= Exercise instructions =
The count of lines below that include the string "this" is the whole answer.

= Source data =
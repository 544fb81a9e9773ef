//! What a station has of each MSM of GPS, and which of them its command names.

ghost use Rattle.std.specs.Prelude.{◌≡◌, List, [], ◌∷◌};
ghost use Rattle.rtk_message.specs.declared.any_message.AnyMessage.{AnyMessage};
ghost use Rattle.rtk_message.specs.declared.msm_kind.MsmKind.TheVariants.{Msm4, Msm5, Msm6, Msm7};
ghost use Rattle.rtk_survey.specs.Proposal.{gives_value, times_with_value, entries_with, better_of, proposed};
ghost use Rattle.rtk_survey.specs.Contents.{epochs_so_far, HasCodes, HasMsm, HasMsms, msm_part, epochs_held};
ghost use Rattle.rtk_survey.specs.Tracing.{times_of_week, entries_of_message};

use crate::counting::count_if;
use crate::epochs::Epochs;
use crate::signals::{Codes, have_value};
use crate::times_of_week::gps_time_of;
use rtk_message::{Accepted, AnyMessage, MsmKind};
use rtk_obs::CellEntry;

/// What a station has of one MSM.
#[derive(Clone, Copy)]
pub struct MsmPart {
    pub messages: u64,
    /// The epochs of the messages with a value.
    pub epochs: Epochs,
    /// The codes with a value in the messages that `convert` takes with this MSM, 1004 among them.
    pub codes: Codes,
}

/// What a station has of each MSM.
#[derive(Clone, Copy)]
pub struct MsmParts {
    pub msm4: MsmPart,
    pub msm5: MsmPart,
    pub msm6: MsmPart,
    pub msm7: MsmPart,
}

// The message is of this MSM, and one of its cells has a value.
fn gives_value(kind: MsmKind, message: &AnyMessage, entries: &[CellEntry]) -> bool
    requires { entries.now ≡ entries_of_message message.now }
    ensures { result ≡ gives_value kind message.now }
{
    message.number() == kind.number() && have_value(entries)
}

// Notes the time of week of a message of GPS, if it has one.
fn note_time_of(epochs: &mut Epochs, message: &AnyMessage)
    ensures { (ms : List AnyMessage) → epochs.old ≡ epochs_so_far (times_of_week ms)
        → epochs.new ≡ epochs_so_far (times_of_week (message.now ∷ ms)) }
{
    if let Some(time) = gps_time_of(message) {
        epochs.note_time(time);
    }
}

// Notes the time of a message of this MSM, if it has a value.
fn note_epoch(epochs: &mut Epochs, kind: MsmKind, message: &AnyMessage, entries: &[CellEntry])
    requires { entries.now ≡ entries_of_message message.now }
    ensures { (ms : List AnyMessage) → epochs.old ≡ epochs_so_far (times_with_value kind ms)
        → epochs.new ≡ epochs_so_far (times_with_value kind (message.now ∷ ms)) }
{
    if gives_value(kind, message, entries) {
        note_time_of(epochs, message);
    }
}

// Joins the codes of a message that `convert` takes with this MSM.
fn join_codes(codes: &mut Codes, kind: MsmKind, message: &AnyMessage, more: &Codes)
    requires { HasCodes more.now (entries_of_message message.now) }
    ensures { (ms : List AnyMessage) → HasCodes codes.old (entries_with kind ms)
        → HasCodes codes.new (entries_with kind (message.now ∷ ms)) }
{
    if Accepted::only(kind).accepts(message.number()) {
        codes.join(more);
    }
}

impl MsmPart {
    /// Nothing came.
    pub(crate) fn new() -> MsmPart
        ensures { (kind : _) → HasMsm kind result [] }
    {
        MsmPart {
            messages: 0,
            epochs: Epochs::new(),
            codes: Codes::new(),
        }
    }

    // Adds a message of the station, with its cells and their codes, to the part of this MSM.
    fn add_message(
        &mut self,
        kind: MsmKind,
        message: &AnyMessage,
        entries: &[CellEntry],
        codes: &Codes,
    )
        requires entries { entries.now ≡ entries_of_message message.now }
        requires codes { HasCodes codes.now (entries_of_message message.now) }
        ensures { (ms : List AnyMessage) → HasMsm kind self.old ms → HasMsm kind self.new (message.now ∷ ms) }
    {
        self.messages = count_if(self.messages, message.number() == kind.number());
        note_epoch(&mut self.epochs, kind, message, entries);
        join_codes(&mut self.codes, kind, message, codes);
    }
}

impl MsmParts {
    /// Nothing came.
    pub fn new() -> MsmParts
        ensures { HasMsms result [] }
    {
        MsmParts {
            msm4: MsmPart::new(),
            msm5: MsmPart::new(),
            msm6: MsmPart::new(),
            msm7: MsmPart::new(),
        }
    }

    /// Adds a message of the station, with its cells and their codes.
    pub fn add_message(&mut self, message: &AnyMessage, entries: &[CellEntry], codes: &Codes)
        requires entries { entries.now ≡ entries_of_message message.now }
        requires codes { HasCodes codes.now (entries_of_message message.now) }
        ensures { (ms : List AnyMessage) → HasMsms self.old ms → HasMsms self.new (message.now ∷ ms) }
    {
        self.msm4
            .add_message(MsmKind::Msm4, message, entries, codes);
        self.msm5
            .add_message(MsmKind::Msm5, message, entries, codes);
        self.msm6
            .add_message(MsmKind::Msm6, message, entries, codes);
        self.msm7
            .add_message(MsmKind::Msm7, message, entries, codes);
    }

    /// What there is of an MSM.
    pub fn part(&self, kind: MsmKind) -> &MsmPart
        ensures { result.now ≡ msm_part self.now kind }
    {
        match kind {
            MsmKind::Msm4 => &self.msm4,
            MsmKind::Msm5 => &self.msm5,
            MsmKind::Msm6 => &self.msm6,
            MsmKind::Msm7 => &self.msm7,
        }
    }

    fn better_of(&self, lesser: MsmKind, greater: MsmKind) -> MsmKind
        ensures { result ≡ better_of (epochs_held self.now) lesser greater }
    {
        let count = self.part(greater).epochs.count;
        if count == 0 || count < self.part(lesser).epochs.count {
            lesser
        } else {
            greater
        }
    }

    /// The MSM that the command of the station names.
    pub fn proposed(&self) -> MsmKind
        ensures { result ≡ proposed (epochs_held self.now) }
    {
        let first = self.better_of(MsmKind::Msm4, MsmKind::Msm5);
        let second = self.better_of(first, MsmKind::Msm6);
        self.better_of(second, MsmKind::Msm7)
    }
}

= Exercise result =
5